╭─ Given entries
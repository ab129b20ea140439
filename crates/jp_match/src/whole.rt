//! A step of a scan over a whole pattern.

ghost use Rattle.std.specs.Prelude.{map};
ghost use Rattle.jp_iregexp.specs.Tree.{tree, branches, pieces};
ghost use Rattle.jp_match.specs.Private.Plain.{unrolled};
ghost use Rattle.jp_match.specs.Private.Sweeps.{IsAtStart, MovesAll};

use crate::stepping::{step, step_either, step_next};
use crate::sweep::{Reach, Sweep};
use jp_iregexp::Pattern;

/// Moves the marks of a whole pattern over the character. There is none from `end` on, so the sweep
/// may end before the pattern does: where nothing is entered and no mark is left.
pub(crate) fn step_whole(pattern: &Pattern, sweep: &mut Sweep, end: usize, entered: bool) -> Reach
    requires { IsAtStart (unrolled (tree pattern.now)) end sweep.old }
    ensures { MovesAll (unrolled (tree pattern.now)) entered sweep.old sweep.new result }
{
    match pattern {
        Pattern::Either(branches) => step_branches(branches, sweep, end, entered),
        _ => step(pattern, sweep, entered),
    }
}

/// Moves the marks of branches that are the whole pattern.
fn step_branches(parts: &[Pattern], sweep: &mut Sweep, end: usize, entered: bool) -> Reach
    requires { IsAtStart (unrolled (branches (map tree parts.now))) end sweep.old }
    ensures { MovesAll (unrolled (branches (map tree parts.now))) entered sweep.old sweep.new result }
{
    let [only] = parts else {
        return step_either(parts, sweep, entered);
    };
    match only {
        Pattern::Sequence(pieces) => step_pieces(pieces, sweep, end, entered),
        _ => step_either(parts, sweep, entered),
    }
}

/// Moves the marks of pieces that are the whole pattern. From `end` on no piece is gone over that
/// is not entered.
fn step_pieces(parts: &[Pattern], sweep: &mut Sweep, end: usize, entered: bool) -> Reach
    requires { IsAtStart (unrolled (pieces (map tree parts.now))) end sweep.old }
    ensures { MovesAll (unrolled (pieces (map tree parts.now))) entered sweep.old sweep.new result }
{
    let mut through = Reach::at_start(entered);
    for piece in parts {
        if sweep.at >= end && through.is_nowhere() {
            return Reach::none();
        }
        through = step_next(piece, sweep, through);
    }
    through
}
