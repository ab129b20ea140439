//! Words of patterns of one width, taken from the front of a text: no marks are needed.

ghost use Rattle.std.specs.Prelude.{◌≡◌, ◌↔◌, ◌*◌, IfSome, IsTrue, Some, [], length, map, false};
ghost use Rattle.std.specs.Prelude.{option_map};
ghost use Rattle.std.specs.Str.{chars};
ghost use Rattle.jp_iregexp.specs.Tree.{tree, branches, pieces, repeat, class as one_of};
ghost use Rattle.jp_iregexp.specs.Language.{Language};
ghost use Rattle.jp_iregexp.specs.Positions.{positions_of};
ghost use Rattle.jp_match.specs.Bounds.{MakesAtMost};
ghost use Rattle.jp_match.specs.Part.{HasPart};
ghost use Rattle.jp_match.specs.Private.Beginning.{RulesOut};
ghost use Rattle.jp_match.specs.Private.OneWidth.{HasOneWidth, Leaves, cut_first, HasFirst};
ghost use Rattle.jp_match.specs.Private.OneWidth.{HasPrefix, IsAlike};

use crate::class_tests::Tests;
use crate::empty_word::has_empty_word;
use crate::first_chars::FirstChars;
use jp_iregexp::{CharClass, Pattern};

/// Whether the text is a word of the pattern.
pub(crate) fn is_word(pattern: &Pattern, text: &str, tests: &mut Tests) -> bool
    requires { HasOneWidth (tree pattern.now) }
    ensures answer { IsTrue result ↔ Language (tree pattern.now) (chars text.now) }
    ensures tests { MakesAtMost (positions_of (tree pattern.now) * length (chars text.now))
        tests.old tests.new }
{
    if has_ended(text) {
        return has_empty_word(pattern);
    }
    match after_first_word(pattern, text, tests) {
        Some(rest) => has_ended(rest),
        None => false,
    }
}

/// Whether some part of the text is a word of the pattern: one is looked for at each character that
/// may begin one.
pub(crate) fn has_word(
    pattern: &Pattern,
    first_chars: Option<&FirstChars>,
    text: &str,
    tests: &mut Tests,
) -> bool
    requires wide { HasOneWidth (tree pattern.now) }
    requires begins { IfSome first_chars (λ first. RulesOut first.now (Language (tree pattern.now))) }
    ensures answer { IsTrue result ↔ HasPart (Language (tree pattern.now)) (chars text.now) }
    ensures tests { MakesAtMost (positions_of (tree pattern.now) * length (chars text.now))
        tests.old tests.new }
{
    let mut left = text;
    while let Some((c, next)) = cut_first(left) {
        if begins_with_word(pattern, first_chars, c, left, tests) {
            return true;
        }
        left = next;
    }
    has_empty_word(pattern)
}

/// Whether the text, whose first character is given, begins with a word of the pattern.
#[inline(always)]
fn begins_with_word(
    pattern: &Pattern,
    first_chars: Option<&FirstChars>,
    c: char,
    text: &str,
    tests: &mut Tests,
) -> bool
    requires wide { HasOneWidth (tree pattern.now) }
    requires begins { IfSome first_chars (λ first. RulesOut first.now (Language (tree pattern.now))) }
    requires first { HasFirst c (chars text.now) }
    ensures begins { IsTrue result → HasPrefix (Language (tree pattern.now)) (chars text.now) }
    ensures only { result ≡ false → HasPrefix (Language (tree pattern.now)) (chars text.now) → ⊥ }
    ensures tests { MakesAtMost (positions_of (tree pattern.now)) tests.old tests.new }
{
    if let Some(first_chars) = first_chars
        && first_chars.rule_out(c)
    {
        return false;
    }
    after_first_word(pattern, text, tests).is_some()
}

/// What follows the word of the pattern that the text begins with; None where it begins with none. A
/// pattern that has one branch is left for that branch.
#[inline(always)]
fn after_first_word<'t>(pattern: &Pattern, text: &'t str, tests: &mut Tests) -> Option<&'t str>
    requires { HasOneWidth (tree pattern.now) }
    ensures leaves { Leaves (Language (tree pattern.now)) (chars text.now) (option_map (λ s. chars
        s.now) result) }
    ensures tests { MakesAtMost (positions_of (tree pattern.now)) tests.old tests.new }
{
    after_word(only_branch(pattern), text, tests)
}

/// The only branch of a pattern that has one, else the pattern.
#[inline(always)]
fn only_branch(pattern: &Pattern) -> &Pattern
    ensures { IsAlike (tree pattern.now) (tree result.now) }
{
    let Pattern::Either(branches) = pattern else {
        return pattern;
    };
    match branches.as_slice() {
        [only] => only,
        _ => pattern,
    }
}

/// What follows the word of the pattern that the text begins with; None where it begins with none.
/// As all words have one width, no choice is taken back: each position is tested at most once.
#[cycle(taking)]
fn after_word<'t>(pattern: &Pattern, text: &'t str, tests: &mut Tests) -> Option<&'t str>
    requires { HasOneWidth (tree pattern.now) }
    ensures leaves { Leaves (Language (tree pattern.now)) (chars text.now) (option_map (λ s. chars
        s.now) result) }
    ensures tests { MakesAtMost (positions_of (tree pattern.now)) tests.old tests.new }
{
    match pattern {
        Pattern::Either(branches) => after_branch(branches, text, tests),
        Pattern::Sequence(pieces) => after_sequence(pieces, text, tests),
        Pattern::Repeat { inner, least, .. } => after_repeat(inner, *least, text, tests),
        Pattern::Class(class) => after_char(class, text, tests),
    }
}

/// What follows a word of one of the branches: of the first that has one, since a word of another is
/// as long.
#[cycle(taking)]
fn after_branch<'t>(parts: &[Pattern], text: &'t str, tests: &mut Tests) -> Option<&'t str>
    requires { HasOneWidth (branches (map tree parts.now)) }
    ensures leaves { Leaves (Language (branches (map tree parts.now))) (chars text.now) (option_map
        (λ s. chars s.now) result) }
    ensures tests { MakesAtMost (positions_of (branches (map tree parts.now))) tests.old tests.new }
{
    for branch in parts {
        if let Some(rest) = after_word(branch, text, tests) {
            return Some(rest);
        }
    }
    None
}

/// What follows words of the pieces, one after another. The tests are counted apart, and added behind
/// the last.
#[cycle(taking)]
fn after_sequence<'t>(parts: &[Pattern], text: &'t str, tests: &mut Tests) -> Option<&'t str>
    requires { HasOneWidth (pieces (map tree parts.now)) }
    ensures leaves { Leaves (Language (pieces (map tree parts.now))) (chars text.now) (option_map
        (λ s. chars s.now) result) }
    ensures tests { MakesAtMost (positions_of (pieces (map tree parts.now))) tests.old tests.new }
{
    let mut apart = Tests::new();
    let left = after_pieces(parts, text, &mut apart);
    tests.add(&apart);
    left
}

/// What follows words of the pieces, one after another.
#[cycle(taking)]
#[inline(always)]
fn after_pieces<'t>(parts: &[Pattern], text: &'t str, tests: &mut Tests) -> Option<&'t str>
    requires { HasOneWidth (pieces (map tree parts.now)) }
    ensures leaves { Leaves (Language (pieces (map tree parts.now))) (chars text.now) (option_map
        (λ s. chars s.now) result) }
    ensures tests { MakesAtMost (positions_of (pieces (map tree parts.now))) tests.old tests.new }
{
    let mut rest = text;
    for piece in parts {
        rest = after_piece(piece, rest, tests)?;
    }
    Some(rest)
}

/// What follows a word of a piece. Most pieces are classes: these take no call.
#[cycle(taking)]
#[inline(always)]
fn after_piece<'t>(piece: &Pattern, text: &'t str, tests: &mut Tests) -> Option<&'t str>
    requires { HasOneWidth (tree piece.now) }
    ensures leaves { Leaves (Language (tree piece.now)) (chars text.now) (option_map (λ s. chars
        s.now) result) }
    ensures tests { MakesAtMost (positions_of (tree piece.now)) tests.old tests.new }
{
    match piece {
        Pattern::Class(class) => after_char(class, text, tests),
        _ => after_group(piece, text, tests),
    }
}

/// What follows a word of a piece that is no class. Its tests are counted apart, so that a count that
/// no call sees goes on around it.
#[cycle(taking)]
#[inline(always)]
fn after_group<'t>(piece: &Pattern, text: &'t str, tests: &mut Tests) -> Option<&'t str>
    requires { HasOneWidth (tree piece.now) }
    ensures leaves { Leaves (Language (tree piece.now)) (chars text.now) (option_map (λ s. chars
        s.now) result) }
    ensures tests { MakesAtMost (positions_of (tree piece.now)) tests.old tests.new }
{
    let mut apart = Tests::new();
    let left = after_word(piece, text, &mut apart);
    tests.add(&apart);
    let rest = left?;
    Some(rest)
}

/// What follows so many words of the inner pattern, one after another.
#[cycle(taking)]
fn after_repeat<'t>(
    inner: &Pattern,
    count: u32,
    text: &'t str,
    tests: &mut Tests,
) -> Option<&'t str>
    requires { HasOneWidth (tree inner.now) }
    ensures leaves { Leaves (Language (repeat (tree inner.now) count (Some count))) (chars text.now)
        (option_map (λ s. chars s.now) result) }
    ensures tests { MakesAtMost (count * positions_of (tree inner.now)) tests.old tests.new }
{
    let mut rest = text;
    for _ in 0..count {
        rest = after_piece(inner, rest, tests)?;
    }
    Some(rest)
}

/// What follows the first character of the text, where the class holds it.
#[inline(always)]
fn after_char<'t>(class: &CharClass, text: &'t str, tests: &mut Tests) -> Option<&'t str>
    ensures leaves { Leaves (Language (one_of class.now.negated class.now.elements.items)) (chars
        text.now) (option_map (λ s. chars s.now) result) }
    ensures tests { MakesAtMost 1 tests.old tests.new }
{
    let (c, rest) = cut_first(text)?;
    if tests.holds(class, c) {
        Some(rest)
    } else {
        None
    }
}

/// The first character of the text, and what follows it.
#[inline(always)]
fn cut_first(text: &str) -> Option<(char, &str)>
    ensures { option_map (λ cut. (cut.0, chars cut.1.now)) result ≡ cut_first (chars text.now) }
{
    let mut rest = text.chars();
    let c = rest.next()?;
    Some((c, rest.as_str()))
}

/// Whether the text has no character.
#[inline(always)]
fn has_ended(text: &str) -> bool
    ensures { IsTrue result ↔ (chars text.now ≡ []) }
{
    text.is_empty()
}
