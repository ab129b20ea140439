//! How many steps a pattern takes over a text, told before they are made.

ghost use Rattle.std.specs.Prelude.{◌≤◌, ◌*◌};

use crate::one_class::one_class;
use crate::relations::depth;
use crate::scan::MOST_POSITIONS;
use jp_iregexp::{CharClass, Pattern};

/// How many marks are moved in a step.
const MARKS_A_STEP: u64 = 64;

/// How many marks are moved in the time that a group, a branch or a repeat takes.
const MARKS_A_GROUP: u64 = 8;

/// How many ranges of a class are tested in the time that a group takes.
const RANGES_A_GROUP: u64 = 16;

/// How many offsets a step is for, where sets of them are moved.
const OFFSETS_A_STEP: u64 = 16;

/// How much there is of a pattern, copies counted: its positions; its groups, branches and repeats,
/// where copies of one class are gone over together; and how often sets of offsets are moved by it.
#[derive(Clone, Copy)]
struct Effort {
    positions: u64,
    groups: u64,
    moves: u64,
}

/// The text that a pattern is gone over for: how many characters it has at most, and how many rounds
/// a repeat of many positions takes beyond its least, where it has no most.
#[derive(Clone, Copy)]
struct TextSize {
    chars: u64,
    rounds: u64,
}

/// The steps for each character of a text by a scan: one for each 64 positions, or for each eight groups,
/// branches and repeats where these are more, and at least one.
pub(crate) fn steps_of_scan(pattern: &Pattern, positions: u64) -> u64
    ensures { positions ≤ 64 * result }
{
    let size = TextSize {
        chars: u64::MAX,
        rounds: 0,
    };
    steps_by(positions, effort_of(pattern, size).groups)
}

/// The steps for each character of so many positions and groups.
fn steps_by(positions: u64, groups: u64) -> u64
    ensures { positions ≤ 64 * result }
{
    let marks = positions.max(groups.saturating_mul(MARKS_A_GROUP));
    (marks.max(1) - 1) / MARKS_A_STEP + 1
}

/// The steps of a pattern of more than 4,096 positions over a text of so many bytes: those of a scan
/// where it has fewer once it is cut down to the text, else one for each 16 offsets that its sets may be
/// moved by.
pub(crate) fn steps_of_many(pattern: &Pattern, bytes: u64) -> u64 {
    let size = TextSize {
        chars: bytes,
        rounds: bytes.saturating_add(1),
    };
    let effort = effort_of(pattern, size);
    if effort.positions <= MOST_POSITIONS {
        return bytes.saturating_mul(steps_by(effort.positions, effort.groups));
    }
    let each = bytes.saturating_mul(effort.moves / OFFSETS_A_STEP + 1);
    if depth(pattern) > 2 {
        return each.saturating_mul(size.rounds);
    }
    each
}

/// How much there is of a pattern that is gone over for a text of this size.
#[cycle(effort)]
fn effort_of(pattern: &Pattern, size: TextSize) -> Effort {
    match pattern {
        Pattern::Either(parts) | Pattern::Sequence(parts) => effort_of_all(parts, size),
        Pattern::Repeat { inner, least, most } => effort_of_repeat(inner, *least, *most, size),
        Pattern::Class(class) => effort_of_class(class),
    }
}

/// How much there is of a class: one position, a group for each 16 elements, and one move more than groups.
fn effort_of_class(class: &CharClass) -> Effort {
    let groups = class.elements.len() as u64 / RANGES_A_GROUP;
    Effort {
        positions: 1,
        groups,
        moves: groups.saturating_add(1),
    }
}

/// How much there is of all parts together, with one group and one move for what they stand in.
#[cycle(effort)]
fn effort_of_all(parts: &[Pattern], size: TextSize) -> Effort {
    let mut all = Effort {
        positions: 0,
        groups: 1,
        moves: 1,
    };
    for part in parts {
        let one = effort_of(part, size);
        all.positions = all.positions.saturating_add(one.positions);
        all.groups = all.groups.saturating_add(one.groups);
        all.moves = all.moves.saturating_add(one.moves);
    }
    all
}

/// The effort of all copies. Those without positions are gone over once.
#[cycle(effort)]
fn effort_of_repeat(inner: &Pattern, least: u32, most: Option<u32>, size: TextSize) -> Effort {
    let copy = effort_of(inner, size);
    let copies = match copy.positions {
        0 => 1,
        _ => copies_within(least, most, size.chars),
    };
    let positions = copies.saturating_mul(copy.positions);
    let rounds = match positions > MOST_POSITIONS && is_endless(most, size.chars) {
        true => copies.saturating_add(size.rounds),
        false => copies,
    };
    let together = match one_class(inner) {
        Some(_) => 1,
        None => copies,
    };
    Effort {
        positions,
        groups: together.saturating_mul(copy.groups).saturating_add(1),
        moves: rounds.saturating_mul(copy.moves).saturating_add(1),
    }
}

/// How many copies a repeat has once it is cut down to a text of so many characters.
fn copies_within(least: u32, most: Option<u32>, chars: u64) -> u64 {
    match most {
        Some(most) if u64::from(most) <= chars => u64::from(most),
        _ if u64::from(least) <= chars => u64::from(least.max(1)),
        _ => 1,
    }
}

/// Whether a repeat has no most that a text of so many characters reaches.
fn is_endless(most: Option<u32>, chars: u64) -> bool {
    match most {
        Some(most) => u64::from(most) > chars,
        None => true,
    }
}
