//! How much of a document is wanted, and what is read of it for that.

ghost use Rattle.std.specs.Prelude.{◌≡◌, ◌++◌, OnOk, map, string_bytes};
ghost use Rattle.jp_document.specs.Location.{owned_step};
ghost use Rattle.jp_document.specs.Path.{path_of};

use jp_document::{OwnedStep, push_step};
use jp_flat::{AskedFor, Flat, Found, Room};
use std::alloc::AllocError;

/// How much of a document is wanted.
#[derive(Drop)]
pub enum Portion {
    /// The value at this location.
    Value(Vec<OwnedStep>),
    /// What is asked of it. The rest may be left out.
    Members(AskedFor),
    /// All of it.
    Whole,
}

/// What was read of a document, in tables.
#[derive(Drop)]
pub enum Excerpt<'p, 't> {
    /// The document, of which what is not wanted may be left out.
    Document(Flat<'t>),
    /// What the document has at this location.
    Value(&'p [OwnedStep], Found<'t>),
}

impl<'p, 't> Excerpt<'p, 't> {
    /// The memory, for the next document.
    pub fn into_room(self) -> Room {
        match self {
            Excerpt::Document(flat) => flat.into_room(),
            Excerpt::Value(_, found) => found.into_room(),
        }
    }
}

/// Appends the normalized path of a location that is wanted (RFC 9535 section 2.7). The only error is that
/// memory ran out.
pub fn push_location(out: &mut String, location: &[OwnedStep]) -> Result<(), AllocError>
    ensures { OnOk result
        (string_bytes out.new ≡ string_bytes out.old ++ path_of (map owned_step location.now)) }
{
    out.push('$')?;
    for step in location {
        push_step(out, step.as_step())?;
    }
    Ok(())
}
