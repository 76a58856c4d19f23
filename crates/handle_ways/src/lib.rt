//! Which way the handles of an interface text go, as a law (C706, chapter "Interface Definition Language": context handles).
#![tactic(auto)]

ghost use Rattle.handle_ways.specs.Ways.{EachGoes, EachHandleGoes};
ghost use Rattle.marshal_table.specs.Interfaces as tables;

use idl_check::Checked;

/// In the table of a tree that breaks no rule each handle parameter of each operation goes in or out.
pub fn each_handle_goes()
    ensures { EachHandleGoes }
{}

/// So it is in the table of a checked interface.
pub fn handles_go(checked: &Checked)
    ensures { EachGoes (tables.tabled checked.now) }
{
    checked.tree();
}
╰─
What to work on = Show each line of the material holding "elements".

Solution to this problem =
    ensures leaves { Leaves (Language (one_of class.now.negated class.now.elements.items)) (chars
/// How much there is of a class: one position, a group for each 16 elements, and one move more than groups.
    let groups = class.elements.len() as u64 / RANGES_A_GROUP;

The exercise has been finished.